(Your assignment): Reproduce each record exactly, leaving nothing out.

*** Information ***

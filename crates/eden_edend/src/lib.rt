//! A script of objects, changes and questions, run over a store and a mount.
//!
//! ```rust
//! use eden_edend::run;
//! use eden_stream::Counted;
//!
//! let mut text = Counted::new(Vec::new(alloc));
//! let mut script = Counted::new(b"mount empty 7 1000\nposition\n".as_slice());
//! assert_eq!(rt; run(alloc, &mut script, &mut text), Ok(2));
//! ```
#![tactic(auto)]

pub use crate::changer::{Changer, run_changes};
pub use crate::changes::change_of;
pub use crate::input::LineInput;
pub use crate::labels::Labels;
pub use crate::objects::Objects;
pub use crate::opened::{Opened, run_to_listen};
pub use crate::script::{run, run_over};
pub use eden_stream::RunFault;

mod changer;
mod changes;
mod commits;
mod input;
mod labels;
mod objects;
mod opened;
mod printing;
mod questions;
mod script;
mod session;
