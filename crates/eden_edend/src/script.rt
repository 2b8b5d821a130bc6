//! A whole script, from a reader to a writer.

ghost use Rattle.std.specs.Prelude.{◌+◌, ◌≤◌, IsErrOf};
ghost use Rattle.eden_stream.specs.Counts.{Rose, RoseBy};
ghost use Rattle.eden_stream.specs.Ends.{Ends};
ghost use Rattle.eden_script.specs.ScriptText.{script_text};
ghost use Rattle.eden_script.specs.Sessions.{first_session, session_over};

use crate::objects::Objects;
use crate::session::Session;
use eden_stream::{CountedRead, CountedWrite, RunFault, run_lines};
use std::alloc::Global;

/// Runs a script: reads its lines, does what each asks for, and writes what it prints. Gives the
/// number of lines.
///
/// A line ends with LF or CR LF; the last may lack its end, and then a CR counts as its byte. Empty
/// lines and lines that begin with `#` are skipped and counted. The other lines are those of the
/// script's table, with words parted by single spaces: `blob L TEXT`, `tree L` and any number of
/// `MODE NAME LABEL`, `commit L TREE` and `id L` for objects, and `mount L GENERATION LIMIT` for
/// the mount, once; for what changes it `write PATH KIND TEXT`, `remove PATH`, `rename OLD NEW`,
/// `renamedir OLD NEW`, `reset L`, `checkout L MODE`, `flush` and `remount GENERATION`; and for
/// what is asked of it `position`, `list` and any number of patterns, `dirty`, `read PATH` and
/// `since GENERATION SEQUENCE`. Objects are put before the mount.
///
/// Whole lines are answered before the next read, of 64 KiB each; what they print is gathered, and
/// written before the next read and whenever there are 64 KiB of it.
///
/// # Errors
///
/// - `BadLine`, with the number of the first line that no row of the table reads, from 1: what the
///   lines before it print is written. A line of more than 65,536 bytes without its end, comments
///   apart, is one.
/// - `Read` and `Write`, where the device failed in this call: what the whole lines print that were
///   read is written; after `Write`, the first bytes of what some first lines print.
/// - `TurnsSpent`, after 1,000,000 reads in this call: what the whole lines print that were read is
///   written.
/// - `NoMemory`, where a growth was refused: what some first lines print is written.
pub fn run<R: CountedRead, W: CountedWrite>(
    alloc: Global,
    reader: &mut R,
    writer: &mut W,
) -> Result<u64, RunFault>
    ensures ends { Ends (script_text first_session) (R.remaining reader.old) (R.remaining reader.new) (W.contents writer.old) (W.contents writer.new) result }
    ensures read { IsErrOf result RunFault.Read → Rose (R.failed reader.old) (R.failed reader.new) }
    ensures write { IsErrOf result RunFault.Write → Rose (W.failed writer.old) (W.failed writer.new) }
    ensures turns_spent { IsErrOf result RunFault.TurnsSpent → RoseBy 1000000 (R.called reader.old) (R.called reader.new) }
    ensures turns { R.called reader.new ≤ R.called reader.old + 1000000 }
{
    run_over(alloc, Objects::new(alloc), reader, writer)
}

/// Runs a script as `run` does, which begins with some objects, and with labels that are bound to
/// some of them.
///
/// # Errors
///
/// As those of `run`.
pub fn run_over<R: CountedRead, W: CountedWrite>(
    alloc: Global,
    objects: Objects,
    reader: &mut R,
    writer: &mut W,
) -> Result<u64, RunFault>
    ensures ends { Ends (script_text (session_over objects.store objects.labels)) (R.remaining reader.old) (R.remaining reader.new) (W.contents writer.old) (W.contents writer.new) result }
    ensures read { IsErrOf result RunFault.Read → Rose (R.failed reader.old) (R.failed reader.new) }
    ensures write { IsErrOf result RunFault.Write → Rose (W.failed writer.old) (W.failed writer.new) }
    ensures turns_spent { IsErrOf result RunFault.TurnsSpent → RoseBy 1000000 (R.called reader.old) (R.called reader.new) }
    ensures turns { R.called reader.new ≤ R.called reader.old + 1000000 }
{
    let mut session = Session::new(alloc, objects);
    run_lines(alloc, reader, writer, &mut session)
}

*** End of Information ***

(Task result):
filename crates/eden_edend/src/lib.rt
//! A script of objects, changes and questions, run over a store and a mount.
//!
//! ```rust
//! use eden_edend::run;
//! use eden_stream::Counted;
//!
//! let mut text = Counted::new(Vec::new(alloc));
//! let mut script = Counted::new(b"mount empty 7 1000\nposition\n".as_slice());
//! assert_eq!(rt; run(alloc, &mut script, &mut text), Ok(2));
//! ```
#![tactic(auto)]

pub use crate::changer::{Changer, run_changes};
pub use crate::changes::change_of;
pub use crate::input::LineInput;
pub use crate::labels::Labels;
pub use crate::objects::Objects;
pub use crate::opened::{Opened, run_to_listen};
pub use crate::script::{run, run_over};
pub use eden_stream::RunFault;

mod changer;
mod changes;
mod commits;
mod input;
mod labels;
mod objects;
mod opened;
mod printing;
mod questions;
mod script;
mod session;
filename crates/eden_edend/src/script.rt
repository 2b8b5d821a130bc6
//! A whole script, from a reader to a writer.

ghost use Rattle.std.specs.Prelude.{◌+◌, ◌≤◌, IsErrOf};
ghost use Rattle.eden_stream.specs.Counts.{Rose, RoseBy};
ghost use Rattle.eden_stream.specs.Ends.{Ends};
ghost use Rattle.eden_script.specs.ScriptText.{script_text};
ghost use Rattle.eden_script.specs.Sessions.{first_session, session_over};

use crate::objects::Objects;
use crate::session::Session;
use eden_stream::{CountedRead, CountedWrite, RunFault, run_lines};
use std::alloc::Global;

/// Runs a script: reads its lines, does what each asks for, and writes what it prints. Gives the
/// number of lines.
///
/// A line ends with LF or CR LF; the last may lack its end, and then a CR counts as its byte. Empty
/// lines and lines that begin with `#` are skipped and counted. The other lines are those of the
/// script's table, with words parted by single spaces: `blob L TEXT`, `tree L` and any number of
/// `MODE NAME LABEL`, `commit L TREE` and `id L` for objects, and `mount L GENERATION LIMIT` for
/// the mount, once; for what changes it `write PATH KIND TEXT`, `remove PATH`, `rename OLD NEW`,
/// `renamedir OLD NEW`, `reset L`, `checkout L MODE`, `flush` and `remount GENERATION`; and for
/// what is asked of it `position`, `list` and any number of patterns, `dirty`, `read PATH` and
/// `since GENERATION SEQUENCE`. Objects are put before the mount.
///
/// Whole lines are answered before the next read, of 64 KiB each; what they print is gathered, and
/// written before the next read and whenever there are 64 KiB of it.
///
/// # Errors
///
/// - `BadLine`, with the number of the first line that no row of the table reads, from 1: what the
///   lines before it print is written. A line of more than 65,536 bytes without its end, comments
///   apart, is one.
/// - `Read` and `Write`, where the device failed in this call: what the whole lines print that were
///   read is written; after `Write`, the first bytes of what some first lines print.
/// - `TurnsSpent`, after 1,000,000 reads in this call: what the whole lines print that were read is
///   written.
/// - `NoMemory`, where a growth was refused: what some first lines print is written.
pub fn run<R: CountedRead, W: CountedWrite>(
    alloc: Global,
    reader: &mut R,
    writer: &mut W,
) -> Result<u64, RunFault>
    ensures ends { Ends (script_text first_session) (R.remaining reader.old) (R.remaining reader.new) (W.contents writer.old) (W.contents writer.new) result }
    ensures read { IsErrOf result RunFault.Read → Rose (R.failed reader.old) (R.failed reader.new) }
    ensures write { IsErrOf result RunFault.Write → Rose (W.failed writer.old) (W.failed writer.new) }
    ensures turns_spent { IsErrOf result RunFault.TurnsSpent → RoseBy 1000000 (R.called reader.old) (R.called reader.new) }
    ensures turns { R.called reader.new ≤ R.called reader.old + 1000000 }
{
    run_over(alloc, Objects::new(alloc), reader, writer)
}

/// Runs a script as `run` does, which begins with some objects, and with labels that are bound to
/// some of them.
///
/// # Errors
///
/// As those of `run`.
pub fn run_over<R: CountedRead, W: CountedWrite>(
    alloc: Global,
    objects: Objects,
    reader: &mut R,
    writer: &mut W,
) -> Result<u64, RunFault>
    ensures ends { Ends (script_text (session_over objects.store objects.labels)) (R.remaining reader.old) (R.remaining reader.new) (W.contents writer.old) (W.contents writer.new) result }
    ensures read { IsErrOf result RunFault.Read → Rose (R.failed reader.old) (R.failed reader.new) }
    ensures write { IsErrOf result RunFault.Write → Rose (W.failed writer.old) (W.failed writer.new) }
    ensures turns_spent { IsErrOf result RunFault.TurnsSpent → RoseBy 1000000 (R.called reader.old) (R.called reader.new) }
    ensures turns { R.called reader.new ≤ R.called reader.old + 1000000 }
{
    let mut session = Session::new(alloc, objects);
    run_lines(alloc, reader, writer, &mut session)
}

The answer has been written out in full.